Леонард работал не только у себя дома, но и дома у Ребекки, на её синтезаторе. Она особенно хорошо запомнила две песни. Одна называлась «A Thousand Kisses Deep», и Леонард всё переделывал и переделывал её заново, «как художник, который закрашивает первую картину, которая тебе очень нравилась, и поверх неё пишет совершенно новую картину, а поверх неё — ещё одну совершенно новую картину, и десять лет спустя эта песня существует на диске11441, и в ней не осталось ни одной ноты и ни одного слова, которые я помню с тех пор, как услышала песню впервые». Вторая песня называлась «Anthem». «Он застрял на этой песне. Однажды он сидел у моего синтезатора и опять сыграл её — я её к тому моменту слышала уже миллион раз, — и вдруг я сказала: «Вот так и оставь, оставь эти слова, сейчас эта песня готова». И снова он бросил на меня свой скептический взгляд; наверное, я почему-то будила в нём это чувство. Он сказал: «А знаешь — спродюсируй эту песню. Кажется, ты и правда знаешь, какой она должна быть, я думаю, что ты должна спродюсировать её вместе со мной». И вот так он назначил меня на эту роль, что было ужасно лестно и удивительно. Но я и в самом деле чувствовала, что знаю эту песню, — кстати, как раз перед нашим интервью я послушала её снова, и у меня до сих пор наворачиваются слёзы на глаза. Она действует так же сильно, как «Auld Lang Syne»11451, она бессмертна, она просто закрывает свою тему, и в его голосе здесь — та же горячая искренность, которую ты слышишь, когда разговариваешь с ним; здесь есть ощущение его личности. Он здесь присутствует целиком, в полной мере, с состраданием к обделённым и с настоящим состраданием и пониманием врага — а ведь это так нелегко даётся».

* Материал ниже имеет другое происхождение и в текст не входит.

//! The command that says which part of a region a source falls to, and prints the events of a part.
ghost use Rattle.std.specs.Prelude.{◌≡◌, ◌<◌, IfErr, IfOk, IfSome, None, Some};
ghost use Rattle.coverage.specs.Summary.{sources_of};
ghost use Rattle.databases.specs.Print.{batch_line};
ghost use Rattle.inbox.specs.Sets.{set_of};
ghost use Rattle.parts.specs.Part.{IsCountOfParts, part, part_of};
ghost use Rattle.views.specs.Line.{kind_lines};
ghost use Rattle.site_commands.specs.Answers.{RefusesFiles, RefusesQuery};
ghost use Rattle.site_commands.specs.Parts.{AnswersPart, SaysSources, placed};
ghost use Rattle.site_commands.specs.Splits.{SpellFiles};

use crate::line::Refusal;
use crate::pieces::{Pieces, memory_refusal, read_pieces, refusal_at};
use attributes::{Batch, Text};
use coverage::Summary;
use event_files::{EventReader, Shelf, events_of};
use event_json::write_sequenced;
use file_reports::site_of;
use parts::{part_of, split};
use site::Site;
use std::alloc::{AllocError, Global};
use std::mem;
use views::{Answer, Kinds, Query, print};

/// The part of each source of the files' events, of so many, or the events of the part at a place.
/// All files are read before one is judged.
pub fn part<S: Shelf, F: EventReader>(
    alloc: Global,
    shelf: &S,
    reader: &F,
    count: u64,
    place: Option<u64>,
    files: &[Text],
    has_lines: bool,
) -> Result<Text, Refusal>
    requires count { IsCountOfParts count }
    requires below { IfSome place (λ i. i < count) }
    requires reader { F.can_read reader.now }
    ensures ok { IfOk result
        (AnswersPart (S.is_content shelf.now) count place has_lines files.now) }
    ensures err { IfErr result (RefusesFiles (S.is_content shelf.now) (S.is_unread shelf.now) has_lines files.now) }
{
    match place {
        Some(place) => events_of_part(alloc, shelf, reader, count, place, files, has_lines),
        None => parts_of_sources(alloc, shelf, reader, count, files, has_lines),
    }
}

/// The part of each source of the files' events. The memory of the events is left to the operating
/// system, since the program ends next.
fn parts_of_sources<S: Shelf, F: EventReader>(
    alloc: Global,
    shelf: &S,
    reader: &F,
    count: u64,
    files: &[Text],
    has_lines: bool,
) -> Result<Text, Refusal>
    requires count { IsCountOfParts count }
    requires reader { F.can_read reader.now }
    ensures ok { IfOk result
        (AnswersPart (S.is_content shelf.now) count None has_lines files.now) }
    ensures err { IfErr result (RefusesFiles (S.is_content shelf.now) (S.is_unread shelf.now) has_lines files.now) }
{
    match read_pieces(alloc, shelf, files, has_lines) {
        Ok(Pieces { texts, places }) => match site_of(alloc, reader, texts) {
            Ok(events) => match source_lines(alloc, &events, count) {
                Ok(text) => {
                    mem::forget(events);
                    Ok(text)
                }
                Err(_) => Err(memory_refusal(has_lines)),
            },
            Err(refused) => Err(refusal_at(has_lines, places.as_slice(), refused)),
        },
        Err(at) => Err(Refusal::Unread(at)),
    }
}

/// The events of the files whose sources fall to the part at a place, as a batch to print.
fn events_of_part<S: Shelf, F: EventReader>(
    alloc: Global,
    shelf: &S,
    reader: &F,
    count: u64,
    place: u64,
    files: &[Text],
    has_lines: bool,
) -> Result<Text, Refusal>
    requires count { IsCountOfParts count }
    requires below { place < count }
    requires reader { F.can_read reader.now }
    ensures ok { IfOk result
        (AnswersPart (S.is_content shelf.now) count (Some place) has_lines files.now) }
    ensures err { IfErr result (RefusesFiles (S.is_content shelf.now) (S.is_unread shelf.now) has_lines files.now) }
{
    match events_of_files(alloc, shelf, reader, files, has_lines) {
        Ok(events) => match part_line(alloc, events, count, place) {
            Ok(text) => Ok(text),
            Err(_) => Err(memory_refusal(has_lines)),
        },
        Err(refusal) => Err(refusal),
    }
}

/// The events of the files, one file behind the other. All are read before one is judged.
pub(crate) fn events_of_files<S: Shelf, F: EventReader>(
    alloc: Global,
    shelf: &S,
    reader: &F,
    files: &[Text],
    has_lines: bool,
) -> Result<Batch, Refusal>
    requires { F.can_read reader.now }
    ensures ok { IfOk result (SpellFiles (S.is_content shelf.now) has_lines files.now) }
    ensures err { IfErr result (RefusesFiles (S.is_content shelf.now) (S.is_unread shelf.now) has_lines files.now) }
{
    match read_pieces(alloc, shelf, files, has_lines) {
        Ok(Pieces { texts, places }) => match events_of(alloc, reader, texts.as_slice()) {
            Ok(events) => Ok(events),
            Err(refused) => Err(refusal_at(has_lines, places.as_slice(), refused)),
        },
        Err(at) => Err(Refusal::Unread(at)),
    }
}

/// The batch of the events whose sources fall to the part at a place, as a line.
fn part_line(alloc: Global, events: Batch, count: u64, place: u64) -> Result<Text, AllocError>
    requires count { IsCountOfParts count }
    requires below { place < count }
    ensures { IfOk result (λ text. text ≡ batch_line (part (part_of count) place events)) }
{
    let batches = split(alloc, events, count)?;
    batch_line(alloc, &batches[place as usize])
}

/// A batch of the events of the program's files as a line.
pub(crate) fn batch_line(alloc: Global, events: &Batch) -> Result<Text, AllocError>
    ensures { IfOk result (λ text. text ≡ batch_line events.now) }
{
    let mut line = write_sequenced(alloc, events)?.into_string();
    line.push_str("\n")?;
    Ok(Text::from_string(line))
}

/// A line for each source of a site's events: the source, and its part.
fn source_lines(alloc: Global, events: &Site, count: u64) -> Result<Text, AllocError>
    requires { IsCountOfParts count }
    ensures { IfOk result (SaysSources count (set_of events.now)) }
{
    match events.query(Query::Cover)? {
        Answer::Cover(summary) => placed_lines(alloc, &summary, count),
        _ => Err(AllocError),
    }
}

/// A line to print for each source of a summary: the source, and its part.
fn placed_lines(alloc: Global, summary: &Summary, count: u64) -> Result<Text, AllocError>
    requires { IsCountOfParts count }
    ensures { IfOk result (λ text. text ≡ kind_lines (placed count (sources_of summary.now))) }
{
    // A text and a number are written as in a line of `kinds`.
    let rows = placed(alloc, summary, count)?;
    print(alloc, &Answer::Kinds(rows))
}

/// The sources of the summary of the files' events, each with its part.
fn placed(alloc: Global, summary: &Summary, count: u64) -> Result<Kinds, AllocError>
    requires { IsCountOfParts count }
    ensures { IfOk result (λ rows. rows ≡ placed count (sources_of summary.now)) }
{
    let mut rows = Kinds::empty(alloc);
    for i in 0..summary.len() {
        let source = summary.source_at(i);
        rows.push((Text::of(alloc, source)?, part_of(source.as_bytes(), count)))?;
    }
    Ok(rows)
}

«Но, — говорит Ребекка, — из-за этих принципов быть Леонардом Коэном невероятно трудно. Он находится в своём собственном плавании, один, и вечно устраивает себе постель на кактусах, но каким-то образом он во всём находит окна в бесконечность: «Every heart to love will come, but like a refugee…» («Каждое сердце придёт к любви, но — как беженец»); «Forget your perfect offering / There is a crack in everything / That’s how the light gets in» («Забудь о своём безупречном подношении / В каждой вещи есть трещина /
Так внутрь попадает свет»). Ни убавить, ни прибавить. Кто ещё мог бы так описать мудрость сострадания? Я слышала от приятеля, который был в рехабе, что у них в брошюре о выздоровлении цитируются эти строчки. Он так много мне дал; он скромный, но страстный и несгибаемый. У него всегда есть этот подтекст: давай докопаемся до истины; не будем себя дурачить».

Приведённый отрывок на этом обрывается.